Avatar

Selcan dostunuz değildir.

@selcandy / selcandy.tumblr.com

Scribo ergo sum.
Avatar

Ben Mert Demir’i bu şarkıyla bildim, muhtemelen de içinde Tolga Akdoğan var diye bilmişimdir yani yoksa çok olası değil gibime geliyor. Hala da Spotify’a girdiğimde dinlemeden çıkmadığım bir şarkıdır bu. Ve bu çocuğun şu an Instagram’da sürekli önüme düşen, nıy nıy nıy nıy nıy nıy bir tonda onun bunun şarkısını coverlayarak sahne kasan o çocuk olduğu gerçeğini aşırı garipsiyorum :ı

Avatar

Hani yeni analar bebesi “a” dese “inanamıyorum ne kadar zeki bir çocuk annenin a’sını söylediiii” diye tribe girer ya, aynısı bende kedilerimde oluyor. Akşam üstü reels izlerken Recep Kedim kucağıma çıkıp burnuyla ekranı yukarı kaydırmak suretiyle uygulamadan çıktı; ben hala “bak görüyo musun başka kedileri izlememi istemiyo aşık banaa” diye dolanıyorum dşsmdm altı üstü hayvan ekranı koklamaya çalıştı yani kes sesini

Avatar

Bu arada dün Dyson v12 Detect Slim eve giriş yaptı. Dyson mühendislerinin bu ürünü geliştirirkenki tek motivasyonunun “insanlara nasıl kafayı yedirtebiliriz” olduğunu düşünüyorum. Şimdiye dek temizlik yaptığın bütün anlar film şeridi gibi gözlerinin önünden geçiyor ve kendine çok üzülüyorsun. Benim çıplak gözle bakıp tertemiz gördüğüm yer onun ışığında sanki yerde tozdan oluşan bir halı var gibi görünüyor, çığlık atarak kaçmaman im kan sız.

Avatar

Normalde kedilerin çişlediği şeyleri direkt çöpe atma taraftarıyım devamı mutlaka geliyor diye. Öyle ne halılarım, paspaslarım, kırlentlerim çöpe gitti bir bilseniz. Ama şimdi SÖDERHAMN koltuğun güncel fiyatı 31k olunca yaşadığım çaresizliğin boyutu da eş değer oluyor, beni anlıyorsunuz di mi dşsmfmd. Neyse gittim Dr. Beckmann Leke Canavarı aldım. İnsanlar bunlarla tıbbi cihaz üzerinden kan falan temizliyor yani, pik seviyedeyim, bu olmazsa hiçbir şey olmaz.

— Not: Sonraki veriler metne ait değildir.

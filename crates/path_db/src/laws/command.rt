//! Laws of the database after commands. Each law is the contract of a function that does nothing.
//! Nothing is assumed of the hash: different segments may have the same id.

ghost use Rattle.path_db.specs.CommandLaws.{KeysAreSeparate, CommandsAppend, NoRowsAreDatabase, CommandsKeepDatabase, DatabaseIsCanonical, RegisterLeavesNewest, PurgeLeavesValid, RemoveLeavesOthers};

/// The row under a key after commands depends on the row under that key before, and on no other
/// row.
pub fn keys_are_separate()
    ensures { KeysAreSeparate }
{}

/// The database after two lists of commands is the database after the first list and then the
/// second.
pub fn commands_append()
    ensures { CommandsAppend }
{}

/// The empty list of rows is a database, and after a command whose segments are whole a database is
/// one again.
pub fn commands_keep_database()
    ensures empty { NoRowsAreDatabase }
    ensures kept { CommandsKeepDatabase }
{}

/// Two databases with the same row under every key are the same list.
pub fn database_is_canonical()
    ensures { DatabaseIsCanonical }
{}

/// After a registration, the row under a key is the newest, by timestamp, of the row before and the
/// segments registered under the key. Where timestamps are equal, the earlier one is kept.
pub fn register_leaves_newest()
    ensures { RegisterLeavesNewest }
{}

/// The rows after a purge are exactly those that expire after its moment.
pub fn purge_leaves_valid()
    ensures { PurgeLeavesValid }
{}

/// The rows after a removal are exactly those of other keys.
pub fn remove_leaves_others()
    ensures { RemoveLeavesOthers }
{}
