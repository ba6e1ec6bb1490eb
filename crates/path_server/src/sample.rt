//! When rows expire, by some of them.

ghost use Rattle.std.specs.Prelude.{◌≡◌, ◌<◌, ◌*◌, Some, max, unwrap_or, length};
ghost use Rattle.path_server.specs.Pacing.{stride_of};

use crate::pace::MANY;
use hub_claims::HubName;
use hub_readers::{HubReader, ReaderError};
use isd_as::IsdAs;
use seg_check::expiry;
use seg_core::{SegType, Segment};
use seg_lookup::{ANSWER_LIMIT, Query};
use std::alloc::Global;

/// The most pages of a type that are read, of 64 rows each.
const PAGES: u32 = 64;

// The pages say some 4,000 rows of each type.
const _: () = prove!(PAGES as usize * ANSWER_LIMIT == 4_096);

/// The most steps of a purge.
const MOST_STEPS: u64 = 2_048;

/// The first rows of each type by their ids, at most 4,096 of each. An id is a digest, so these are
/// as good as rows by chance. No clause says which rows they are: a purge by any moment is right
/// that is not after the clock's, and the steps are a matter of time.
#[derive(Drop)]
pub(crate) struct Sample {
    /// The number of these rows.
    seen: u64,
    /// The newest timestamp of these rows, in half seconds since 1970, or `None` where there are
    /// none. That of the store is no less.
    newest: Option<u64>,
    /// When those of them expired that have expired, in half seconds since 1970, in this order.
    moments: Vec<u64>,
}

impl Sample {
    /// A sample of the rows that a reader is shown, of which those have expired that expire at this
    /// moment or before, in half seconds since 1970.
    pub(crate) fn of<N: HubName>(
        alloc: Global,
        reader: &mut HubReader<N>,
        until: u64,
    ) -> Result<Sample, ReaderError> {
        let mut sample = Sample {
            seen: 0,
            newest: None,
            moments: Vec::new(alloc),
        };
        for kind in [SegType::Up, SegType::Down, SegType::Core] {
            sample.add_type(reader, kind, until)?;
        }
        sample.moments.sort_unstable();
        Ok(sample)
    }

    /// Adds the first rows of a type.
    fn add_type<N: HubName>(
        &mut self,
        reader: &mut HubReader<N>,
        kind: SegType,
        until: u64,
    ) -> Result<(), ReaderError> {
        let any = IsdAs::from_u64(0);
        let query = Query {
            kind,
            start: any,
            end: any,
        };
        let mut after = None;
        for _ in 0..PAGES {
            let page = reader.page(&query, after.as_ref(), 0)?;
            for segment in &page.segments {
                self.add(segment, until)?;
            }
            if !page.more {
                break;
            }
            after = page.segments.last().map(|segment| *segment.digest());
        }
        Ok(())
    }

    /// Adds a row.
    fn add(&mut self, segment: &Segment, until: u64) -> Result<(), ReaderError> {
        self.seen = self.seen.saturating_add(1);
        self.newest = newest_with(self.newest, segment);
        let moment = expiry(segment);
        if moment <= until && self.moments.push(moment).is_err() {
            return Err(ReaderError::NoMemory);
        }
        Ok(())
    }

    /// The newest timestamp of its rows, in half seconds since 1970, or `None` where it has none.
    /// As the store's newest one is no less, a clock that is at most a day after this one is at
    /// most a day after that one, too.
    pub(crate) fn newest(&self) -> Option<u64>
        ensures { result ≡ self.now.newest }
    {
        self.newest
    }

    /// When rows of the sample expired, by rising moments.
    pub(crate) fn moments(&self) -> &[u64]
        ensures { result.now ≡ self.now.moments.items }
    {
        &self.moments
    }

    /// After how many of its moments each a purge drops about 250 rows of a store that has this
    /// many.
    #[tactic(auto, unfolding(crate::specs::Pacing::stride_of))]
    pub(crate) fn stride(&self, rows: u64) -> usize
        ensures same { result ≡ stride_of self.now.seen (length self.now.moments.items) rows }
        ensures some { 0 < result }
    {
        let part = self
            .seen
            .saturating_mul(MANY)
            .checked_div(rows)
            .unwrap_or(u64::MAX);
        let least = self.moments.len() as u64 / MOST_STEPS + 1;
        usize::try_from(part.max(least)).unwrap_or(usize::MAX)
    }
}

/// The newest timestamp, with that of one more segment, in half seconds since 1970.
fn newest_with(newest: Option<u64>, segment: &Segment) -> Option<u64>
    ensures { result ≡ Some (max (unwrap_or newest 0) (2 * segment.now.timestamp)) }
{
    let moment = 2 * u64::from(segment.timestamp());
    Some(newest.unwrap_or(0).max(moment))
}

Hayatınızda bu kadar saçma bir dua etmemişsinizdir ama enzimatik temizleyicimin anyonik yüzey aktiflerine güç ve kuvvet diler misiniz, çok heyecanlıyım dömdmdmd

Avatar

Bu sene “ulusal egemenlik” kavramı kulağa başka bi’ hoş gelmiyo mu? 😌

Avatar

Kedi ve kedililik meselesini abartıyor olabilirim ama mesela Migros’taki kasiyer kardeşlerime daima tebessüm ettirebiliyorum en azından dldm

Avatar

İki saat önce falan uyuyordum, fırtınanın sesine uyanıp “yaa Dikmen’deki sakuralar dökülüyodur şimdi” falan diye düşündüm bi’ süre, sonra tekrar uyumuşum. Uyandığımda haberlere bakıyordum, Gölbaşı’nın en çok etkilenen bölge olduğunu görünce “ananısk flamingolar naptı acaba” diye panik oldum.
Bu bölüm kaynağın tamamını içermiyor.